Please read the records below and return each line holding the string "they".

Stored items from a collection:
+++++
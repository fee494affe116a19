//! Why bytes are no plan.

ghost use Rattle.std.specs.Prelude.{◌≡◌};
ghost use Rattle.plan_reader.specs.Refusals.{table_place, operator_place};

use crate::plan_tables::TableRefusal;
use base_values::Fault;
use plan_keys::KeyRefusal;
use plan_orders::OrderRefusal;
use plan_orders::turn_order::TurnRefusal;
use sql_change::AlterCode;
use sql_statement::ScriptRefusal;

/// Where in a plan a refusal is. Everything is counted from 1.
#[derive(Clone, Copy)]
pub enum Place {
    /// Nowhere that has a number.
    Nowhere,
    /// In the text of this table.
    Table(u32),
    /// In a row of a table.
    Row {
        /// The table's number in the plan.
        table: u32,
        /// The row's number in the table.
        row: u32,
    },
    /// In a line of a client's script.
    Client {
        /// The client's number.
        client: u32,
        /// The line's number in the script's text.
        line: u32,
    },
    /// In this line of the operator's text.
    Operator(u32),
    /// In this loss of a session.
    Fault(u32),
    /// In this word of the order of turns.
    TurnWord(u32),
}

/// Why a plan is refused.
#[derive(Clone, Copy, Debug)]
pub enum PlanRefusal {
    /// 59: a byte past the limit of a plan is there.
    TooLong,
    /// 50: the bytes are no TOML document.
    NotToml,
    /// 51 to 55: a key, its type, its range, or how many of something there are.
    Keys(KeyRefusal),
    /// 10 to 19, 32 and 58: a table's text or one of its rows.
    Tables(TableRefusal),
    /// 56: no table has the name of the one to migrate.
    NoTable,
    /// 57: a table that an earlier run left exists, and the plan doesn't let the tool drop it.
    Leftover,
    /// 20 to 31: the ALTER.
    Alter(AlterCode),
    /// 40 to 46: a line of a client's script.
    Script {
        /// The client's number, from 1.
        client: u32,
        /// Why it is refused, and in which line.
        refusal: ScriptRefusal,
    },
    /// 47: a line of the operator's text.
    Operator(OrderRefusal),
    /// 48 and 56: a loss of a session.
    Fault {
        /// The loss's number, from 1.
        fault: u32,
        /// Why it is refused.
        refusal: OrderRefusal,
    },
    /// 56: a word of the order of turns.
    Turn(TurnRefusal),
}

fn table_place(refusal: TableRefusal) -> Place
    ensures { result ≡ table_place refusal }
{
    match refusal {
        TableRefusal::Schema { table, .. } => Place::Table(table),
        TableRefusal::BadRow { table, row } => Place::Row { table, row },
    }
}

fn operator_place(refusal: OrderRefusal) -> Place
    ensures { result ≡ operator_place refusal }
{
    match refusal {
        OrderRefusal::Command { line } => Place::Operator(line),
        OrderRefusal::Loss => Place::Nowhere,
        OrderRefusal::LossActor => Place::Nowhere,
    }
}

impl PlanRefusal {
    ghost use Rattle.plan_reader.specs.Refusals.{refusal_code, refusal_place};

    /// The refusal's number and its name.
    pub fn code(self) -> (u16, &'static str)
        ensures { (result.0, result.1.now) ≡ refusal_code self }
    {
        match self {
            PlanRefusal::TooLong => (59, "too_long"),
            PlanRefusal::NotToml => (50, "not_toml"),
            PlanRefusal::Keys(refusal) => refusal.code(),
            PlanRefusal::Tables(refusal) => refusal.code(),
            PlanRefusal::NoTable => (56, "unknown_name"),
            PlanRefusal::Leftover => (57, "leftover"),
            PlanRefusal::Alter(code) => (code.number(), code.name()),
            PlanRefusal::Script { refusal, .. } => refusal.code.code(),
            PlanRefusal::Operator(refusal) => refusal.code(),
            PlanRefusal::Fault { refusal, .. } => refusal.code(),
            PlanRefusal::Turn(_) => (56, "unknown_name"),
        }
    }

    /// Where in the plan it is.
    pub fn place(self) -> Place
        ensures { result ≡ refusal_place self }
    {
        match self {
            PlanRefusal::TooLong => Place::Nowhere,
            PlanRefusal::NotToml => Place::Nowhere,
            PlanRefusal::Keys(_) => Place::Nowhere,
            PlanRefusal::Tables(refusal) => table_place(refusal),
            PlanRefusal::NoTable => Place::Nowhere,
            PlanRefusal::Leftover => Place::Nowhere,
            PlanRefusal::Alter(_) => Place::Nowhere,
            PlanRefusal::Script { client, refusal } => Place::Client {
                client,
                line: refusal.line,
            },
            PlanRefusal::Operator(refusal) => operator_place(refusal),
            PlanRefusal::Fault { fault, .. } => Place::Fault(fault),
            PlanRefusal::Turn(refusal) => Place::TurnWord(refusal.word),
        }
    }
}

/// Why a plan isn't read: it is refused, or there is no memory.
pub type PlanFault = Fault<PlanRefusal>;
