//! A plan's whole document: what its bytes say, or why they are refused. In `plan_tables` its tables with their rows.
#![tactic(auto)]

mod clients;
mod fault;
mod limits;
mod openings;
mod orders;
pub mod plan_tables;
mod plans;

pub use fault::{Place, PlanFault, PlanRefusal};
pub use limits::{COMMAND_LIMIT, OPEN_SELECT_LIMIT, ORDER_LIMIT, PLAN_LIMIT, STATEMENT_LIMIT};
pub use plans::read_plan;
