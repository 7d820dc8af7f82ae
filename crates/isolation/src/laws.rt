//! What holds of every legal history and each partition. `alone_in` is what a partition has
//! alone of a history: the entries of its own requests, with its prompts numbered among its
//! own.

ghost use Rattle.std.specs.Prelude.{◌≡◌, ◌++◌, ◌∷◌, ℕ, List, IsTrue, false};
ghost use Rattle.spaces.specs.declared.roster.Roster.{Roster};
ghost use Rattle.auth_events.specs.declared.journal.Call.{Call};
ghost use Rattle.auth_events.specs.declared.journal.Entry.{Entry};
ghost use Rattle.auth_events.specs.Tables.{Tables, AreNames};
ghost use Rattle.auth_events.specs.Book.{IsLegal, allowed, answer};
ghost use Rattle.auth_events.specs.Fresh.{fresh};
ghost use Rattle.history_laws.specs.Laws.{past_of};
ghost use Rattle.isolation.specs.Partitions.{is_in, alone_in, call_in, reply_in};

/// What a partition has alone of a legal history is legal by itself: each of its replies, and
/// each eviction among its spaces, is what it would be had no other partition asked for
/// anything. Where the history is fresh, so is that part.
pub fn partitions_are_alone()
    ensures legal { (roster : Roster) (names : Tables) (partition : List ℕ) (history : List Entry)
        → AreNames names → IsLegal roster names history
        → IsLegal roster names (alone_in roster partition history) }
    ensures fresh { (roster : Roster) (names : Tables) (partition : List ℕ) (history : List Entry)
        → AreNames names → IsLegal roster names history → IsTrue (fresh names history)
        → IsTrue (fresh names (alone_in roster partition history)) }
{}

/// A request of a partition may ask the same of a book that has the whole history and of one
/// that has only what the partition has alone of it, and gets the same reply: no gift,
/// eviction, prompt, epoch or directory of another partition enters it. Only prompts have other
/// numbers.
pub fn replies_are_the_partitions_own()
    ensures allowed { (roster : Roster) (names : Tables) (partition : List ℕ)
        (history : List Entry) (caller r : ℕ) (call : Call)
        → AreNames names → IsLegal roster names history → IsTrue (is_in roster partition r)
        → allowed roster names (past_of (alone_in roster partition history)) caller r
        (call_in roster partition history call)
        ≡ allowed roster names (past_of history) caller r call }
    ensures reply { (roster : Roster) (names : Tables) (partition : List ℕ)
        (history : List Entry) (caller r : ℕ) (call : Call)
        → AreNames names → IsLegal roster names history → IsTrue (is_in roster partition r)
        → IsTrue (allowed roster names (past_of history) caller r call)
        → answer roster names (past_of (alone_in roster partition history)) r
        (call_in roster partition history call)
        ≡ reply_in roster partition history (answer roster names (past_of history) r call) }
{}

/// Whatever other partitions ask changes no reply of a partition: an entry of theirs adds
/// nothing to what it has alone, and where it has the same alone of two histories, its requests
/// may ask the same in both and get the same replies, but for the numbers of prompts.
pub fn other_partitions_change_no_reply()
    ensures entries { (roster : Roster) (partition : List ℕ)
        (earlier later : List Entry) (entry : Entry)
        → is_in roster partition entry.request ≡ false
        → alone_in roster partition (earlier ++ entry ∷ later)
        ≡ alone_in roster partition (earlier ++ later) }
    ensures allowed { (roster : Roster) (names : Tables) (partition : List ℕ)
        (one other : List Entry) (caller r : ℕ) (call like : Call)
        → AreNames names → IsLegal roster names one → IsLegal roster names other
        → alone_in roster partition one ≡ alone_in roster partition other
        → IsTrue (is_in roster partition r)
        → call_in roster partition one call ≡ call_in roster partition other like
        → allowed roster names (past_of one) caller r call
        ≡ allowed roster names (past_of other) caller r like }
    ensures reply { (roster : Roster) (names : Tables) (partition : List ℕ)
        (one other : List Entry) (caller r : ℕ) (call like : Call)
        → AreNames names → IsLegal roster names one → IsLegal roster names other
        → alone_in roster partition one ≡ alone_in roster partition other
        → IsTrue (is_in roster partition r)
        → call_in roster partition one call ≡ call_in roster partition other like
        → IsTrue (allowed roster names (past_of one) caller r call)
        → reply_in roster partition one (answer roster names (past_of one) r call)
        ≡ reply_in roster partition other (answer roster names (past_of other) r like) }
{}
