//! Storage partitions are alone with a book that they share: what one of them may ask, and what
//! it is told, depends on its own requests and on nothing that another partition does. The
//! crate has no code: what it says is proved of the definitions and of every book.
#![tactic(auto)]

mod books;
pub mod laws;
pub mod worked;

pub use books::journal_is_alone_in_each_partition;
+++++
Answer to this task:
//! A plan's whole document: what its bytes say, or why they are refused. In `plan_tables` its tables with their rows.
//! Storage partitions are alone with a book that they share: what one of them may ask, and what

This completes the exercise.